• _TASK DIRECTIONS_
Word for word, give the listing below again.
----------------------------------------
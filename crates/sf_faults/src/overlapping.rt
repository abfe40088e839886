//! Polygons, and holes of one polygon, that have an inner point in common.

ghost use Rattle.std.specs.Prelude.{◌≡◌, ◌<◌, IfOk, IfSome, length, map};
ghost use Rattle.std.specs.List.{flat_map};
ghost use Rattle.sf_geometry.specs.declared.geometry.Geometry.TheVariants.{Polygon};
ghost use Rattle.sf_faults.specs.Candidates.{nested_in, parts_overlap};
ghost use Rattle.sf_faults.specs.Orders.{numbered, pairs};
ghost use Rattle.sf_faults.specs.Places.{IsFirstAmong};
ghost use Rattle.sf_faults.specs.Written.{AreFirstOverlapping, single_ring};

use crate::comparing::{do_overlap, polygon_of};
use crate::place::Place;
use sf_geometry::Sequence;
use sf_grid::GridPoint;
use sf_validity::Valid;
use std::alloc::{AllocError, Global};
use std::slice;

/// The first polygon that has an inner point in common with an earlier one, and the first of those. Each polygon by
/// itself has no fault.
pub(crate) fn first_overlap(
    alloc: Global,
    polygons: &[Sequence<Sequence<GridPoint>>],
) -> Result<Option<Place>, AllocError>
    ensures { IfOk result (IsFirstAmong (map parts_overlap (pairs (numbered polygons.now)))) }
{
    let areas = areas_of(alloc, polygons)?;
    let Some((first, second)) = first_overlapping(alloc, areas.as_slice())? else {
        return Ok(None);
    };
    Ok(Some(Place::Parts { first, second }))
}

/// The first hole that has an inner point in common with an earlier one of its polygon, and the first of those. Each
/// ring by itself has no fault.
pub(crate) fn first_nested(
    alloc: Global,
    polygons: &[Sequence<Sequence<GridPoint>>],
) -> Result<Option<Place>, AllocError>
    ensures { IfOk result (IsFirstAmong (flat_map nested_in (numbered polygons.now))) }
{
    for (part, rings) in polygons.iter().enumerate() {
        let place = nested_holes_in(alloc, part, rings.as_slice())?;
        if place.is_some() {
            return Ok(place);
        }
    }
    Ok(None)
}

/// The same of one part.
fn nested_holes_in(
    alloc: Global,
    part: usize,
    rings: &[Sequence<GridPoint>],
) -> Result<Option<Place>, AllocError>
    ensures { IfOk result (IsFirstAmong (nested_in (part, rings.now))) }
{
    let Some((_, holes)) = rings.split_first() else {
        return Ok(None);
    };
    let areas = areas_of_rings(alloc, holes)?;
    let Some((first, second)) = first_overlapping(alloc, areas.as_slice())? else {
        return Ok(None);
    };
    Ok(Some(Place::Holes {
        part,
        first: first + 1,
        second: second + 1,
    }))
}

/// Polygons, each as a valid one.
fn areas_of(
    alloc: Global,
    polygons: &[Sequence<Sequence<GridPoint>>],
) -> Result<Vec<Valid>, AllocError>
    ensures { IfOk result (λ areas. areas.items ≡ map Polygon polygons.now) }
{
    let mut areas = Vec::with_capacity(alloc, polygons.len())?;
    for rings in polygons {
        areas.push(polygon_of(alloc, rings.as_slice())?)?;
    }
    Ok(areas)
}

/// Rings, each as a polygon of its own.
fn areas_of_rings(alloc: Global, rings: &[Sequence<GridPoint>]) -> Result<Vec<Valid>, AllocError>
    ensures { IfOk result (λ areas. areas.items ≡ map single_ring rings.now) }
{
    let mut areas = Vec::with_capacity(alloc, rings.len())?;
    for ring in rings {
        areas.push(polygon_of(alloc, slice::from_ref(ring))?)?;
    }
    Ok(areas)
}

/// The first area that has an inner point in common with an earlier one, behind the first of those.
fn first_overlapping(alloc: Global, areas: &[Valid]) -> Result<Option<(usize, usize)>, AllocError>
    ensures found { IfOk result (AreFirstOverlapping areas.now) }
    ensures within { IfOk result (λ found. IfSome found (λ pair. (pair.0 < length areas.now) × (pair.1 < length areas.now))) }
{
    for second in 0..areas.len() {
        for first in 0..second {
            if do_overlap(alloc, &areas[first], &areas[second])? {
                return Ok(Some((first, second)));
            }
        }
    }
    Ok(None)
}
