//! The edges of lines and rings with the numbers at which they are written.

ghost use Rattle.std.specs.Prelude.{◌≡◌, IfOk, map};
ghost use Rattle.sf_faults.specs.Orders.{written_edges};
ghost use Rattle.sf_faults.specs.Written.{written};

use crate::written_edge::WrittenEdge;
use sf_grid::GridPoint;
use std::alloc::{AllocError, Global};

/// The edges of a line or ring, in order. A point that is repeated at once has none.
pub(crate) fn edges_of(alloc: Global, points: &[GridPoint]) -> Result<Vec<WrittenEdge>, AllocError>
    ensures { IfOk result (λ edges. map written edges.items ≡ written_edges points.now) }
{
    let mut edges = Vec::new(alloc);
    let Some((first, others)) = points.split_first() else {
        return Ok(edges);
    };
    let mut from = *first;
    for (number, to) in others.iter().enumerate() {
        if from != *to {
            edges.push(WrittenEdge {
                number,
                from,
                to: *to,
            })?;
        }
        from = *to;
    }
    Ok(edges)
}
----------------------------------------
• _YOUR RESPONSE_
filename crates/sf_faults/src/overlapping.rt
repository abfe40088e839886
//! Polygons, and holes of one polygon, that have an inner point in common.

ghost use Rattle.std.specs.Prelude.{◌≡◌, ◌<◌, IfOk, IfSome, length, map};
ghost use Rattle.std.specs.List.{flat_map};
ghost use Rattle.sf_geometry.specs.declared.geometry.Geometry.TheVariants.{Polygon};
ghost use Rattle.sf_faults.specs.Candidates.{nested_in, parts_overlap};
ghost use Rattle.sf_faults.specs.Orders.{numbered, pairs};
ghost use Rattle.sf_faults.specs.Places.{IsFirstAmong};
ghost use Rattle.sf_faults.specs.Written.{AreFirstOverlapping, single_ring};

use crate::comparing::{do_overlap, polygon_of};
use crate::place::Place;
use sf_geometry::Sequence;
use sf_grid::GridPoint;
use sf_validity::Valid;
use std::alloc::{AllocError, Global};
use std::slice;

/// The first polygon that has an inner point in common with an earlier one, and the first of those. Each polygon by
/// itself has no fault.
pub(crate) fn first_overlap(
    alloc: Global,
    polygons: &[Sequence<Sequence<GridPoint>>],
) -> Result<Option<Place>, AllocError>
    ensures { IfOk result (IsFirstAmong (map parts_overlap (pairs (numbered polygons.now)))) }
{
    let areas = areas_of(alloc, polygons)?;
    let Some((first, second)) = first_overlapping(alloc, areas.as_slice())? else {
        return Ok(None);
    };
    Ok(Some(Place::Parts { first, second }))
}

/// The first hole that has an inner point in common with an earlier one of its polygon, and the first of those. Each
/// ring by itself has no fault.
pub(crate) fn first_nested(
    alloc: Global,
    polygons: &[Sequence<Sequence<GridPoint>>],
) -> Result<Option<Place>, AllocError>
    ensures { IfOk result (IsFirstAmong (flat_map nested_in (numbered polygons.now))) }
{
    for (part, rings) in polygons.iter().enumerate() {
        let place = nested_holes_in(alloc, part, rings.as_slice())?;
        if place.is_some() {
            return Ok(place);
        }
    }
    Ok(None)
}

/// The same of one part.
fn nested_holes_in(
    alloc: Global,
    part: usize,
    rings: &[Sequence<GridPoint>],
) -> Result<Option<Place>, AllocError>
    ensures { IfOk result (IsFirstAmong (nested_in (part, rings.now))) }
{
    let Some((_, holes)) = rings.split_first() else {
        return Ok(None);
    };
    let areas = areas_of_rings(alloc, holes)?;
    let Some((first, second)) = first_overlapping(alloc, areas.as_slice())? else {
        return Ok(None);
    };
    Ok(Some(Place::Holes {
        part,
        first: first + 1,
        second: second + 1,
    }))
}

/// Polygons, each as a valid one.
fn areas_of(
    alloc: Global,
    polygons: &[Sequence<Sequence<GridPoint>>],
) -> Result<Vec<Valid>, AllocError>
    ensures { IfOk result (λ areas. areas.items ≡ map Polygon polygons.now) }
{
    let mut areas = Vec::with_capacity(alloc, polygons.len())?;
    for rings in polygons {
        areas.push(polygon_of(alloc, rings.as_slice())?)?;
    }
    Ok(areas)
}

/// Rings, each as a polygon of its own.
fn areas_of_rings(alloc: Global, rings: &[Sequence<GridPoint>]) -> Result<Vec<Valid>, AllocError>
    ensures { IfOk result (λ areas. areas.items ≡ map single_ring rings.now) }
{
    let mut areas = Vec::with_capacity(alloc, rings.len())?;
    for ring in rings {
        areas.push(polygon_of(alloc, slice::from_ref(ring))?)?;
    }
    Ok(areas)
}

/// The first area that has an inner point in common with an earlier one, behind the first of those.
fn first_overlapping(alloc: Global, areas: &[Valid]) -> Result<Option<(usize, usize)>, AllocError>
    ensures found { IfOk result (AreFirstOverlapping areas.now) }
    ensures within { IfOk result (λ found. IfSome found (λ pair. (pair.0 < length areas.now) × (pair.1 < length areas.now))) }
{
    for second in 0..areas.len() {
        for first in 0..second {
            if do_overlap(alloc, &areas[first], &areas[second])? {
                return Ok(Some((first, second)));
            }
        }
    }
    Ok(None)
}
//! The edges of lines and rings with the numbers at which they are written.

ghost use Rattle.std.specs.Prelude.{◌≡◌, IfOk, map};
ghost use Rattle.sf_faults.specs.Orders.{written_edges};
ghost use Rattle.sf_faults.specs.Written.{written};

use crate::written_edge::WrittenEdge;
use sf_grid::GridPoint;
use std::alloc::{AllocError, Global};

/// The edges of a line or ring, in order. A point that is repeated at once has none.
pub(crate) fn edges_of(alloc: Global, points: &[GridPoint]) -> Result<Vec<WrittenEdge>, AllocError>
    ensures { IfOk result (λ edges. map written edges.items ≡ written_edges points.now) }
{
    let mut edges = Vec::new(alloc);
    let Some((first, others)) = points.split_first() else {
        return Ok(edges);
    };
    let mut from = *first;
    for (number, to) in others.iter().enumerate() {
        if from != *to {
            edges.push(WrittenEdge {
                number,
                from,
                to: *to,
            })?;
        }
        from = *to;
    }
    Ok(edges)
}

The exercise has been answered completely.